One of my sites isn't doing too well in Google at the moment. When I do a site query on the domain and use the minus operator to exclude a word from the footer, about 70% of its pages are returned. That's a significant number. On another site, which is doing better, a similar query returns zero results.
Boilerplate bits of pages such as "Welcome" here can, I suppose, be safely ignored, and probably shrink the index a little bit, but what might the selection of these ignored elements, and the pages returned for a query such as the above, tell us about rankings post-Panda?
Without getting into the specifics of SEO work here, some of which is not even know to me, I agree that convention Boolean search parameters are being given more and more chaotic support at Google over recent times - and that can be frustrating.
I suppose we can take refuge in the fact that very few "average" search users even think about using a minus operator - but the main implication is a less precise tool for webmaster analysis.
It's not so much frustrating as it is confusing. Why is it that mostly thin pages are ignored by a query such as the one I suggested above, and what might this tell us about results for "average" queries? I suppose what I was suggesting, or considering, is that if others see a similar pattern in SERPs for such queries with their sites, as I have now, could this perhaps be a way to uncover what Google considers to be thin content?

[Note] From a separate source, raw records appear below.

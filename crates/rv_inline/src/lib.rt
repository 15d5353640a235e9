//! Calls of small functions in line: from the assembler form of a program to one that does the same with fewer calls.
#![tactic(auto)]

mod counting;
mod inlining;
mod keeps;
mod leaf;

pub use inlining::in_line;
pub use keeps::{Execution, calls_in_line_keep_meaning};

I've checked a few sites, doing the same query with the minus operator and with just the keyword of interest - the two seem always add to roughly the total given by just the site: query, and for me the minus operator results alone do seemv to be in the ballpark.
So you may be noticing a bug that does tell you something about your particular site. Do those two queries seem to add up for you?
[site:example.com -keyword] plus [site:example.com keyword] - [site:example.com]
I'd also suggest checking the same with "www".
They nearly add up, there's a 5-page difference (no change with or without www).
I guess you could reverse the query like that, searching [site:example.com keyword] instead of [site:example.com -keyword]. It's not the number of results I'm concerned with, though, it's the type of results, the type of pages returned. Whereas I suspected that [site:example.com -keyword] returned pages that Google might consider thin, reversing that query as [site:example.com keyword] actually seems to bring up most pages that have richer content (more text, mostly).
It's important to note that the keyword in this instance is a word, or actually a year number (2012), found only in the footer of all of this site's pages. The point, then, is that while "2012" appears on every single page throughout this site, a [site:example.com -2012] query still returns about 65% of all indexed pages. The reverse query, [site:example.com 2012] returns approximately the other 35%. One characteristic of that 35% is that they tend to be pages with "fuller" content, more text or higher up in the site's architecture, and the 65% consists mostly of pages that are thinner (relatively). Just like a [site:webmasterworld.com -Welcome] query returns lots of thinner pages from this forum, despite them having the word "Welcome" in the same spot (unfortunately you can't reverse that query; too many posts and topics with welcomes).
I guess it's not so much about Google ignoring the minus operator, but certain (repetitive) words or sections of pages specifically. The question remains: why is it that some pages are included with a [site:example.com -2012] query, but excluded with a [site:example.com 2012] query, when they all have "2012" on the page?